Sunday, July 29, 2007

Bivariate Baseball Plot

Rafe Donahue, a biostatistician at the University of Vanderbilt, has sent me a link to an interactive website that uses the statistical graphic program R to produce a bivariate baseball plot. Devised in collaboration with Tatsuki Koyama, Jeffrey Horner and Cole Beck (as Rafe as pointed out in the comments), it works like this:

The user selects the team and year in which s/he is interested

then goes on to select from: Day of the Week, Opponent Team

Opponent League, Day/Night, Starting Pitcher

(I know readers have seen drop-down menus before, but they are not usually this much fun), Opponent Starting Pitcher, Home/Away, Pitcher with Decision, Opponent Pitcher with Decision, Month, or First/Second Half .

R then produces a bivariate plot displaying the results:

As you'll have noticed from the menus, you can then print out your graphic as a PDF.

The Baseball Scoreplot blog explains how to read a baseball bivariate score plot, discusses known issues and analyses the graphic Rafe generated for the Astros, with Roger Clemens as starting pitcher

The Astros’ opponents’ marginal distribution (on the left) shows how teams fare against teams that beat them: their average rpg is just over 3.5 rpg compared with nearly 4.5 rpg for the Astros. Where the Astros were held to 1 run 27 times, their opponents were held to 1 or fewer on 42 occasions. Note that Clemens started 2 games that were shutouts and started 11 games where the opponents were held to fewer than 2 runs. He also started a game where the opponents scored 9 runs.

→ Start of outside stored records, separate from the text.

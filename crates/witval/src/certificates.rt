// The output for invariant sets where a certificate is wanted, and where one is checked again.
ghost use Rattle.std.specs.Prelude.{◌≤◌, IfOk};
ghost use Rattle.std.specs.List.{All};
ghost use Rattle.c_core.specs.View.{program_view};
ghost use Rattle.c_meaning.specs.Placing.{IsInvariant, placed_view};
ghost use Rattle.judge_obligations.specs.Verdicts.{AreObligationsOf};
ghost use Rattle.sym_duties.specs.Answers.{CanBeJudged};
ghost use Rattle.witval.specs.Certificates.{Certifies, CertifiesPlaced, CertifiesSets, Rechecks, RechecksPlaced, RechecksSets};

use crate::output::Output;
use crate::refusal::{refuse_bind, refuse_obligations};
use crate::sets::verdict_of;
use c_core::Program;
use c_lifting::runs_are_lifted;
use c_meaning::PlacedInvariant;
use clauses::Refutation;
use judge_obligations::{Logged, judge_logged};
use std::alloc::Global;
use sym_duties::Obligations;
use sym_eval::obligations;
use way_invariants::bind_correctness;
use wv_base::{OutOfMemory, Seq};
use wv_cert::{certify, recheck};
use wv_report::Reply;
use wv_schema::Witness;

/// The output for a program and invariant sets about it: a certificate where they are confirmed.
pub fn certify_sets(
    alloc: Global,
    program: &Program,
    witness: &Witness,
    conflicts: u64,
) -> Result<Output, OutOfMemory>
    requires some { 1 ≤ conflicts }
    requires bounded { conflicts ≤ 1000000 }
    ensures { IfOk result (CertifiesSets conflicts witness.now program.now) }
{
    match bind_correctness(alloc, witness, program) {
        Ok(invariants) => certify_placed(alloc, program, &invariants, conflicts),
        Err(fault) => Ok(Output::Report(refuse_bind(alloc, fault)?)),
    }
}

/// The same for invariants bound to the program.
fn certify_placed(
    alloc: Global,
    program: &Program,
    invariants: &Seq<PlacedInvariant>,
    conflicts: u64,
) -> Result<Output, OutOfMemory>
    requires invariants { All (IsInvariant (program_view program.now)) (placed_view invariants.now) }
    requires some { 1 ≤ conflicts }
    requires bounded { conflicts ≤ 1000000 }
    ensures { IfOk result (CertifiesPlaced conflicts program.now (placed_view invariants.now)) }
{
    match obligations(alloc, program, invariants) {
        Ok(found) => certify_found(alloc, program, invariants, &found, conflicts),
        Err(fault) => Ok(Output::Report(refuse_obligations(alloc, fault)?)),
    }
}

/// The same for their obligations.
fn certify_found(
    alloc: Global,
    program: &Program,
    invariants: &Seq<PlacedInvariant>,
    found: &Obligations,
    conflicts: u64,
) -> Result<Output, OutOfMemory>
    requires judged { CanBeJudged (program_view program.now) (placed_view invariants.now) }
    requires promised { AreObligationsOf (program_view program.now) (placed_view invariants.now) found.now }
    requires some { 1 ≤ conflicts }
    requires bounded { conflicts ≤ 1000000 }
    ensures { IfOk result (Certifies conflicts (program_view program.now) (placed_view invariants.now) found.now) }
{
    runs_are_lifted();
    match judge_logged(alloc, program, invariants, found, conflicts)? {
        Logged::Proved(logs) => {
            let text = certify(alloc, &logs)?;
            Ok(Output::Certificate(Seq::from_vec(text)))
        }
        Logged::Other(judged) => Ok(Output::Report(Reply::Verdict(verdict_of(judged)))),
    }
}

/// The output for a program, invariant sets about it, and the logs of a certificate.
pub fn recheck_sets(
    alloc: Global,
    program: &Program,
    witness: &Witness,
    logs: &Seq<Refutation>,
) -> Result<Output, OutOfMemory>
    ensures { IfOk result (RechecksSets logs.now witness.now program.now) }
{
    match bind_correctness(alloc, witness, program) {
        Ok(invariants) => recheck_placed(alloc, program, &invariants, logs),
        Err(fault) => Ok(Output::Report(refuse_bind(alloc, fault)?)),
    }
}

/// The same for invariants bound to the program.
fn recheck_placed(
    alloc: Global,
    program: &Program,
    invariants: &Seq<PlacedInvariant>,
    logs: &Seq<Refutation>,
) -> Result<Output, OutOfMemory>
    requires { All (IsInvariant (program_view program.now)) (placed_view invariants.now) }
    ensures { IfOk result (RechecksPlaced logs.now program.now (placed_view invariants.now)) }
{
    match obligations(alloc, program, invariants) {
        Ok(found) => recheck_found(alloc, program, invariants, &found, logs),
        Err(fault) => Ok(Output::Report(refuse_obligations(alloc, fault)?)),
    }
}

/// The same for their obligations.
fn recheck_found(
    alloc: Global,
    program: &Program,
    invariants: &Seq<PlacedInvariant>,
    found: &Obligations,
    logs: &Seq<Refutation>,
) -> Result<Output, OutOfMemory>
    requires judged { CanBeJudged (program_view program.now) (placed_view invariants.now) }
    requires promised { AreObligationsOf (program_view program.now) (placed_view invariants.now) found.now }
    ensures { IfOk result (Rechecks (program_view program.now) (placed_view invariants.now) logs.now found.now) }
{
    let answer = recheck(alloc, program, invariants, found, logs)?;
    Ok(Output::Rechecked(answer))
}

The joint distributions reveals details of Clemens’ abysmal run support. The bottom-left corner of the distribution shows five games which Clemens started in which the Astros lost 1-0, a pitcher’s nightmare. So, of the 11 games that Clemens started and the opponents were held to one run, 5 of those games failed to produce a single Houston run. In fact, Clemens was the only Astros pitcher to start a game in which the team lost 1-0.
(Graphic available on blog.)

We never see this kind of thing in fiction.


rafe donahue said...

An opportunity to make sure that credit gets passed around: the real work-horses on this project are Tatsuki, Jeff, and Cole --- I'm just the idea guy, the one willing to make the trip to SLC and make the presentation sporting a tie.

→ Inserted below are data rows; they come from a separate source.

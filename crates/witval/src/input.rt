ghost use Rattle.std.specs.Prelude.{◌≡◌, ◌≤◌, length, IfOk, IfErr};
ghost use Rattle.witval.specs.Inputs.{AreBegun, AreInputs, AreWithin, RightStop, RightStopAlone, RightStopOfFour, Told, ToldOne, certificate_limit, limit_of};
ghost use Rattle.witval.specs.declared.input.File.TheVariants as file;
ghost use Rattle.wv_arguments.specs.Requests.{named};

use std::alloc::Global;
use wv_arguments::Names;
use wv_base::{ReadFault, Shelf, read_all};

/// The input files, in the order in which they are read.
#[derive(Clone, Copy, Debug, PartialEq, Eq)]
pub enum File {
    Program,
    Property,
    Witness,
}

/// Why reading stopped.
#[derive(Clone, Copy, Debug, PartialEq, Eq)]
pub enum Stop {
    Fault(File),
    TooLong(File),
    OutOfMemory,
}

/// The bytes of the three files. Where a violation witness is made, values for a run's inputs stand in place of a
/// witness.
#[derive(Drop)]
pub struct Inputs {
    pub program: Vec<u8>,
    pub property: Vec<u8>,
    pub witness: Vec<u8>,
}

/// Why reading three files and a certificate stopped: at one of the three, or at the certificate.
#[derive(Clone, Copy, Debug, PartialEq, Eq)]
pub enum FourStop {
    Three(Stop),
    Certificate(ReadFault),
}

/// The bytes of the three files and of a certificate.
#[derive(Drop)]
pub struct FourInputs {
    pub inputs: Inputs,
    pub certificate: Vec<u8>,
}

/// The limits of the program and the witness, of the property, and of a certificate, in bytes.
const LONG: usize = 1048576;

const SHORT: usize = 4096;

const CERTIFICATE: usize = 67108864;

/// Reads the three files in their order.
pub fn read_three<S: Shelf>(alloc: Global, names: &Names<'_>, shelf: &mut S) -> Result<Inputs, Stop>
    ensures inputs { IfOk result (λ inputs. Told (named names.now) (S.state shelf.old) (AreInputs inputs)) }
    ensures within { IfOk result AreWithin }
    ensures begun { IfOk result (λ inputs. AreBegun (S.state shelf.old) (S.state shelf.new)) }
    ensures stop { IfErr result (RightStop (named names.now) (S.state shelf.old) (S.state shelf.new)) }
    ensures same_files { (S.state shelf.new).files ≡ (S.state shelf.old).files }
{
    let program = match read_all(alloc, shelf, names.program, LONG) {
        Ok(bytes) => bytes,
        Err(ReadFault::Fault) => return Err(Stop::Fault(File::Program)),
        Err(ReadFault::TooLong) => return Err(Stop::TooLong(File::Program)),
        Err(ReadFault::OutOfMemory) => return Err(Stop::OutOfMemory),
    };
    let property = match read_all(alloc, shelf, names.property, SHORT) {
        Ok(bytes) => bytes,
        Err(ReadFault::Fault) => return Err(Stop::Fault(File::Property)),
        Err(ReadFault::TooLong) => return Err(Stop::TooLong(File::Property)),
        Err(ReadFault::OutOfMemory) => return Err(Stop::OutOfMemory),
    };
    let witness = match read_all(alloc, shelf, names.witness, LONG) {
        Ok(bytes) => bytes,
        Err(ReadFault::Fault) => return Err(Stop::Fault(File::Witness)),
        Err(ReadFault::TooLong) => return Err(Stop::TooLong(File::Witness)),
        Err(ReadFault::OutOfMemory) => return Err(Stop::OutOfMemory),
    };
    Ok(Inputs {
        program,
        property,
        witness,
    })
}

/// Reads the three files in their order, and then a certificate.
pub fn read_four<S: Shelf>(
    alloc: Global,
    names: &Names<'_>,
    certificate: &str,
    shelf: &mut S,
) -> Result<FourInputs, FourStop>
    ensures inputs { IfOk result (λ four. Told (named names.now) (S.state shelf.old) (AreInputs four.inputs)) }
    ensures within { IfOk result (λ four. AreWithin four.inputs) }
    ensures certificate { IfOk result (λ four. ToldOne certificate.now (S.state shelf.old)
        (λ told. four.certificate.items ≡ told)) }
    ensures within_limit { IfOk result (λ four. length four.certificate.items ≤ certificate_limit) }
    ensures stop { IfErr result (RightStopOfFour (named names.now) certificate.now (S.state shelf.old)
        (S.state shelf.new)) }
    ensures same_files { (S.state shelf.new).files ≡ (S.state shelf.old).files }
{
    let inputs = match read_three(alloc, names, shelf) {
        Ok(inputs) => inputs,
        Err(stop) => return Err(FourStop::Three(stop)),
    };
    match read_all(alloc, shelf, certificate, CERTIFICATE) {
        Ok(certificate) => Ok(FourInputs {
            inputs,
            certificate,
        }),
        Err(ReadFault::Fault) => Err(FourStop::Certificate(ReadFault::Fault)),
        Err(ReadFault::TooLong) => Err(FourStop::Certificate(ReadFault::TooLong)),
        Err(ReadFault::OutOfMemory) => Err(FourStop::Certificate(ReadFault::OutOfMemory)),
    }
}

/// Reads a witness alone.
pub fn read_one<S: Shelf>(alloc: Global, name: &str, shelf: &mut S) -> Result<Vec<u8>, Stop>
    ensures witness { IfOk result (λ bytes. ToldOne name.now (S.state shelf.old) (λ told. bytes.items ≡ told)) }
    ensures within { IfOk result (λ bytes. length bytes.items ≤ limit_of file.Witness) }
    ensures stop { IfErr result (RightStopAlone name.now (S.state shelf.old) (S.state shelf.new)) }
    ensures same_files { (S.state shelf.new).files ≡ (S.state shelf.old).files }
{
    match read_all(alloc, shelf, name, LONG) {
        Ok(bytes) => Ok(bytes),
        Err(ReadFault::Fault) => Err(Stop::Fault(File::Witness)),
        Err(ReadFault::TooLong) => Err(Stop::TooLong(File::Witness)),
        Err(ReadFault::OutOfMemory) => Err(Stop::OutOfMemory),
    }
}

Tatsuki did 99% of the coding to draw the plots. (There are even more options lurking behind the scenes; we constantly debate which ones we should let rank amateur data displayists control and which we should keep to satisfy our appetite for control and evenutal world domination. [Insert Pinky and The Brain theme here.]) Cole did the majority of the database work, getting the data from infosheet into something that Tatsuki's code could use. And Jeff is responsible for the rapache interface thing (I really have no idea what it does) and the website functionality with the self-adjusting pulldown lists. I just sit back and think about how data should look; they did all the work; they should get more credit. Send them a candy bar.

(Oh, and a subtlety that we Irishmen like to bicker about: my 'Donahue' has an 'a' in the middle instead of an 'o'. I have no idea which way is right, except that that's how it is on my birth certificate...)

Helen DeWitt said...

Rafe. Argh. I do apologise. I have now fixed this omissions and errors in the post (so your comment will not make much sense to latecomers) and in the sidebar.